- **Directions**
The expected answer is the data below, retyped exactly.

------

//! One dispatch.

ghost use Rattle.std.specs.Prelude.{◌≡◌, ◌≤◌, ◌+◌, length, None};
ghost use Rattle.st_exec.specs.Cells.{forms_of};
ghost use Rattle.fb_chart.specs.Views.{kind_of};
ghost use Rattle.fb_chart.specs.Conditions.{IsConditionOf, leaf_state};
ghost use Rattle.fb_chart.specs.Dispatching.{CanRun, HasRun, CanDispatch, HasDispatched};

use crate::memory::{Condition, Memory};
use crate::{
    Block, Body, Effect, Emit, Invocation, Occurrence, Ports, ServiceTable, Store, invoke, sample,
    serve,
};

// A block that is dispatched: the block, the slots of its variables as a service, what it remembers, and the most steps that it may take.
#[derive(Clone, Copy)]
struct Dispatched<'a> {
    block: &'a Block,
    ports: &'a Ports,
    condition: Condition,
    most: u64,
}

// Runs a block whose inputs are sampled, and answers what it remembers, and its steps.
fn run<E: Emit>(
    dispatched: &Dispatched,
    occurrence: &Occurrence,
    own: &mut Store,
    issued: &mut Store,
    emit: &mut E,
    effect: &mut Option<Effect>,
) -> (Condition, u64)
    requires can { CanRun dispatched.now.block.now dispatched.now.ports.now own.old issued.old dispatched.now.condition occurrence.now.point.event occurrence.now.values.now dispatched.now.most (E.room emit.old) }
    requires effect { effect.old ≡ None }
    ensures ran { HasRun dispatched.now.block.now occurrence.now.point.event occurrence.now.values.now occurrence.now.clock (leaf_state (kind_of dispatched.now.block.now) own.old issued.old dispatched.now.condition) (leaf_state (kind_of dispatched.now.block.now) own.new issued.new result.0) result.1 effect.new (E.sent emit.old) (E.sent emit.new) }
    ensures condition { IsConditionOf (kind_of dispatched.now.block.now) result.0 }
    ensures own { forms_of own.new ≡ forms_of own.old }
    ensures issued { forms_of issued.new ≡ forms_of issued.old }
    ensures room { E.room emit.old + length (E.sent emit.old) ≡ E.room emit.new + length (E.sent emit.new) }
    ensures same_reference { E.reference emit.new ≡ E.reference emit.old }
{
    let block = dispatched.block;
    match &block.body {
        Body::Chart(chart) => match dispatched.condition {
            Condition::State(state) => {
                let invocation = Invocation {
                    chart,
                    outputs: &block.outputs,
                    event: occurrence.point.event,
                    most: dispatched.most,
                };
                let (state, steps) = invoke(&invocation, state, own, issued, emit);
                (Condition::State(state), steps)
            }
            Condition::Service(_) => unreachable!(),
        },
        Body::Served(service) => match dispatched.condition {
            Condition::State(_) => unreachable!(),
            Condition::Service(standing) => {
                let table = ServiceTable {
                    service,
                    ports: dispatched.ports,
                    outputs: &block.outputs,
                };
                let (standing, served) = serve(&table, occurrence, standing, own, issued, emit);
                *effect = served;
                (Condition::Service(standing), 1)
            }
        },
    }
}

/// Dispatches an event of a block at a moment of the clock: each data input that is WITH the event takes its value, and the block runs to its end.
/// The values of the occurrence are those of an arrival. Answers the steps; what the block did outside of the device goes to `effect`.
///
/// It does not trap. What its event outputs reach is emitted, for which there is room; the
/// room falls by as many. It is written to take no memory, which no clause says.
pub fn dispatch_block<E: Emit>(
    blocks: &[Block],
    ports: &[Ports],
    memory: &mut Memory,
    occurrence: &Occurrence,
    emit: &mut E,
    effect: &mut Option<Effect>,
) -> u64
    requires can { CanDispatch blocks.now ports.now memory.old occurrence.now.point occurrence.now.values.now (E.room emit.old) }
    requires effect { effect.old ≡ None }
    ensures dispatched { HasDispatched blocks.now ports.now memory.old occurrence.now.point occurrence.now.values.now occurrence.now.clock memory.new result effect.new (E.sent emit.old) (E.sent emit.new) }
    ensures room { E.room emit.old + length (E.sent emit.old) ≡ E.room emit.new + length (E.sent emit.new) }
    ensures same_reference { E.reference emit.new ≡ E.reference emit.old }
{
    let at = occurrence.point.block as usize;
    let block = &blocks[at];
    let event = &block.events[occurrence.point.event as usize];
    sample(&event.takes, &memory.issued, &mut memory.own[at]);
    let dispatched = Dispatched {
        block,
        ports: &ports[at],
        condition: memory.conditions[at],
        most: event.steps,
    };
    let (condition, steps) = run(
        &dispatched,
        occurrence,
        &mut memory.own[at],
        &mut memory.issued[at],
        emit,
        effect,
    );
    memory.conditions[at] = condition;
    steps
}
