//! When the queues of a system are deep enough.

ghost use Rattle.std.specs.Prelude.{IfErr, OnOk};
ghost use Rattle.std.specs.List.{AllByRecursion, Any};
ghost use Rattle.fb_model.specs.System.{System};
ghost use Rattle.fb_cert.specs.Views.{certificate_of};
ghost use Rattle.fb_flat.specs.Tables.{AreDevices};
ghost use Rattle.fb_check_rows.specs.Depths.{ResourceFits, DeviceFits, IsDepthFault, IsDeep};
ghost use Rattle.fb_model.specs.Misfits.{IsShallowFault};

use crate::begin::begins_fit;
use crate::resource::arrivals_fit;
use fb_cert::Certificate;
use fb_faults::Shallow;
use fb_flat::{Flat, FlatDevice, FlatResource};
use std::alloc::Global;

// A resource's queue is deep enough.
fn resource_fits(
    alloc: Global,
    certificate: &Certificate,
    resource: &FlatResource,
) -> Result<(), Shallow>
    ensures fits { OnOk result (ResourceFits certificate.now resource.now) }
    ensures refused { IfErr result (IsDepthFault certificate.now resource.now) }
{
    arrivals_fit(alloc, certificate, resource)?;
    begins_fit(alloc, certificate, resource)
}

// The queues of a device are deep enough.
fn device_fits(alloc: Global, certificate: &Certificate, device: &FlatDevice) -> Result<(), Shallow>
    ensures fits { OnOk result (DeviceFits certificate.now device.now) }
    ensures refused { IfErr result (λ f. Any (λ r. IsDepthFault certificate.now r f) device.now.resources.items) }
{
    for resource in &device.resources {
        resource_fits(alloc, certificate, resource)?;
    }
    Ok(())
}

// All queues are deep enough.
fn tables_fit(alloc: Global, certificate: &Certificate, flat: &Flat) -> Result<(), Shallow>
    ensures fits { OnOk result (AllByRecursion (DeviceFits certificate.now) flat.now.devices.items) }
    ensures refused { IfErr result (λ f. Any (λ d. Any (λ r. IsDepthFault certificate.now r f) d.resources.items) flat.now.devices.items) }
{
    for device in &flat.devices {
        device_fits(alloc, certificate, device)?;
    }
    Ok(())
}

/// The depth of each resource is at least the places of each of its arrivals, and those of all its BEGIN together.
///
/// Refused with the path of a resource of which it is not so.
pub fn depths_fit(alloc: Global, flat: &Flat, certificate: &Certificate) -> Result<(), Shallow>
    ensures fits { (s : System) → AreDevices flat.now.devices.items s.devices → OnOk result (AllByRecursion (IsDeep (certificate_of certificate.now)) s.devices) }
    ensures refused { (s : System) → AreDevices flat.now.devices.items s.devices → IfErr result (IsShallowFault (certificate_of certificate.now) s) }
{
    tables_fit(alloc, certificate, flat)
}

------

- **Answer box**
//! One dispatch.

ghost use Rattle.std.specs.Prelude.{◌≡◌, ◌≤◌, ◌+◌, length, None};
ghost use Rattle.st_exec.specs.Cells.{forms_of};
ghost use Rattle.fb_chart.specs.Views.{kind_of};
ghost use Rattle.fb_chart.specs.Conditions.{IsConditionOf, leaf_state};
ghost use Rattle.fb_chart.specs.Dispatching.{CanRun, HasRun, CanDispatch, HasDispatched};

use crate::memory::{Condition, Memory};
use crate::{
    Block, Body, Effect, Emit, Invocation, Occurrence, Ports, ServiceTable, Store, invoke, sample,
    serve,
};

// A block that is dispatched: the block, the slots of its variables as a service, what it remembers, and the most steps that it may take.
#[derive(Clone, Copy)]
struct Dispatched<'a> {
    block: &'a Block,
    ports: &'a Ports,
    condition: Condition,
    most: u64,
}

// Runs a block whose inputs are sampled, and answers what it remembers, and its steps.
fn run<E: Emit>(
    dispatched: &Dispatched,
    occurrence: &Occurrence,
    own: &mut Store,
    issued: &mut Store,
    emit: &mut E,
    effect: &mut Option<Effect>,
) -> (Condition, u64)
    requires can { CanRun dispatched.now.block.now dispatched.now.ports.now own.old issued.old dispatched.now.condition occurrence.now.point.event occurrence.now.values.now dispatched.now.most (E.room emit.old) }
    requires effect { effect.old ≡ None }
    ensures ran { HasRun dispatched.now.block.now occurrence.now.point.event occurrence.now.values.now occurrence.now.clock (leaf_state (kind_of dispatched.now.block.now) own.old issued.old dispatched.now.condition) (leaf_state (kind_of dispatched.now.block.now) own.new issued.new result.0) result.1 effect.new (E.sent emit.old) (E.sent emit.new) }
    ensures condition { IsConditionOf (kind_of dispatched.now.block.now) result.0 }
    ensures own { forms_of own.new ≡ forms_of own.old }
    ensures issued { forms_of issued.new ≡ forms_of issued.old }
    ensures room { E.room emit.old + length (E.sent emit.old) ≡ E.room emit.new + length (E.sent emit.new) }
    ensures same_reference { E.reference emit.new ≡ E.reference emit.old }
{
    let block = dispatched.block;
    match &block.body {
        Body::Chart(chart) => match dispatched.condition {
            Condition::State(state) => {
                let invocation = Invocation {
                    chart,
                    outputs: &block.outputs,
                    event: occurrence.point.event,
                    most: dispatched.most,
                };
                let (state, steps) = invoke(&invocation, state, own, issued, emit);
                (Condition::State(state), steps)
            }
            Condition::Service(_) => unreachable!(),
        },
        Body::Served(service) => match dispatched.condition {
            Condition::State(_) => unreachable!(),
            Condition::Service(standing) => {
                let table = ServiceTable {
                    service,
                    ports: dispatched.ports,
                    outputs: &block.outputs,
                };
                let (standing, served) = serve(&table, occurrence, standing, own, issued, emit);
                *effect = served;
                (Condition::Service(standing), 1)
            }
        },
    }
}

/// Dispatches an event of a block at a moment of the clock: each data input that is WITH the event takes its value, and the block runs to its end.
/// The values of the occurrence are those of an arrival. Answers the steps; what the block did outside of the device goes to `effect`.
///
/// It does not trap. What its event outputs reach is emitted, for which there is room; the
/// room falls by as many. It is written to take no memory, which no clause says.
pub fn dispatch_block<E: Emit>(
    blocks: &[Block],
    ports: &[Ports],
    memory: &mut Memory,
    occurrence: &Occurrence,
    emit: &mut E,
    effect: &mut Option<Effect>,
) -> u64
    requires can { CanDispatch blocks.now ports.now memory.old occurrence.now.point occurrence.now.values.now (E.room emit.old) }
    requires effect { effect.old ≡ None }
    ensures dispatched { HasDispatched blocks.now ports.now memory.old occurrence.now.point occurrence.now.values.now occurrence.now.clock memory.new result effect.new (E.sent emit.old) (E.sent emit.new) }
    ensures room { E.room emit.old + length (E.sent emit.old) ≡ E.room emit.new + length (E.sent emit.new) }
    ensures same_reference { E.reference emit.new ≡ E.reference emit.old }
{
    let at = occurrence.point.block as usize;
    let block = &blocks[at];
    let event = &block.events[occurrence.point.event as usize];
    sample(&event.takes, &memory.issued, &mut memory.own[at]);
    let dispatched = Dispatched {
        block,
        ports: &ports[at],
        condition: memory.conditions[at],
        most: event.steps,
    };
    let (condition, steps) = run(
        &dispatched,
        occurrence,
        &mut memory.own[at],
        &mut memory.issued[at],
        emit,
        effect,
    );
    memory.conditions[at] = condition;
    steps
}
//! When the queues of a system are deep enough.

ghost use Rattle.std.specs.Prelude.{IfErr, OnOk};
ghost use Rattle.std.specs.List.{AllByRecursion, Any};
ghost use Rattle.fb_model.specs.System.{System};
ghost use Rattle.fb_cert.specs.Views.{certificate_of};
ghost use Rattle.fb_flat.specs.Tables.{AreDevices};
ghost use Rattle.fb_check_rows.specs.Depths.{ResourceFits, DeviceFits, IsDepthFault, IsDeep};
ghost use Rattle.fb_model.specs.Misfits.{IsShallowFault};

use crate::begin::begins_fit;
use crate::resource::arrivals_fit;
use fb_cert::Certificate;
use fb_faults::Shallow;
use fb_flat::{Flat, FlatDevice, FlatResource};
use std::alloc::Global;

// A resource's queue is deep enough.
fn resource_fits(
    alloc: Global,
    certificate: &Certificate,
    resource: &FlatResource,
) -> Result<(), Shallow>
    ensures fits { OnOk result (ResourceFits certificate.now resource.now) }
    ensures refused { IfErr result (IsDepthFault certificate.now resource.now) }
{
    arrivals_fit(alloc, certificate, resource)?;
    begins_fit(alloc, certificate, resource)
}

// The queues of a device are deep enough.
fn device_fits(alloc: Global, certificate: &Certificate, device: &FlatDevice) -> Result<(), Shallow>
    ensures fits { OnOk result (DeviceFits certificate.now device.now) }
    ensures refused { IfErr result (λ f. Any (λ r. IsDepthFault certificate.now r f) device.now.resources.items) }
{
    for resource in &device.resources {
        resource_fits(alloc, certificate, resource)?;
    }
    Ok(())
}

// All queues are deep enough.
fn tables_fit(alloc: Global, certificate: &Certificate, flat: &Flat) -> Result<(), Shallow>
    ensures fits { OnOk result (AllByRecursion (DeviceFits certificate.now) flat.now.devices.items) }
    ensures refused { IfErr result (λ f. Any (λ d. Any (λ r. IsDepthFault certificate.now r f) d.resources.items) flat.now.devices.items) }
{
    for device in &flat.devices {
        device_fits(alloc, certificate, device)?;
    }
    Ok(())
}

/// The depth of each resource is at least the places of each of its arrivals, and those of all its BEGIN together.
///
/// Refused with the path of a resource of which it is not so.
pub fn depths_fit(alloc: Global, flat: &Flat, certificate: &Certificate) -> Result<(), Shallow>
    ensures fits { (s : System) → AreDevices flat.now.devices.items s.devices → OnOk result (AllByRecursion (IsDeep (certificate_of certificate.now)) s.devices) }
    ensures refused { (s : System) → AreDevices flat.now.devices.items s.devices → IfErr result (IsShallowFault (certificate_of certificate.now) s) }
{
    tables_fit(alloc, certificate, flat)
}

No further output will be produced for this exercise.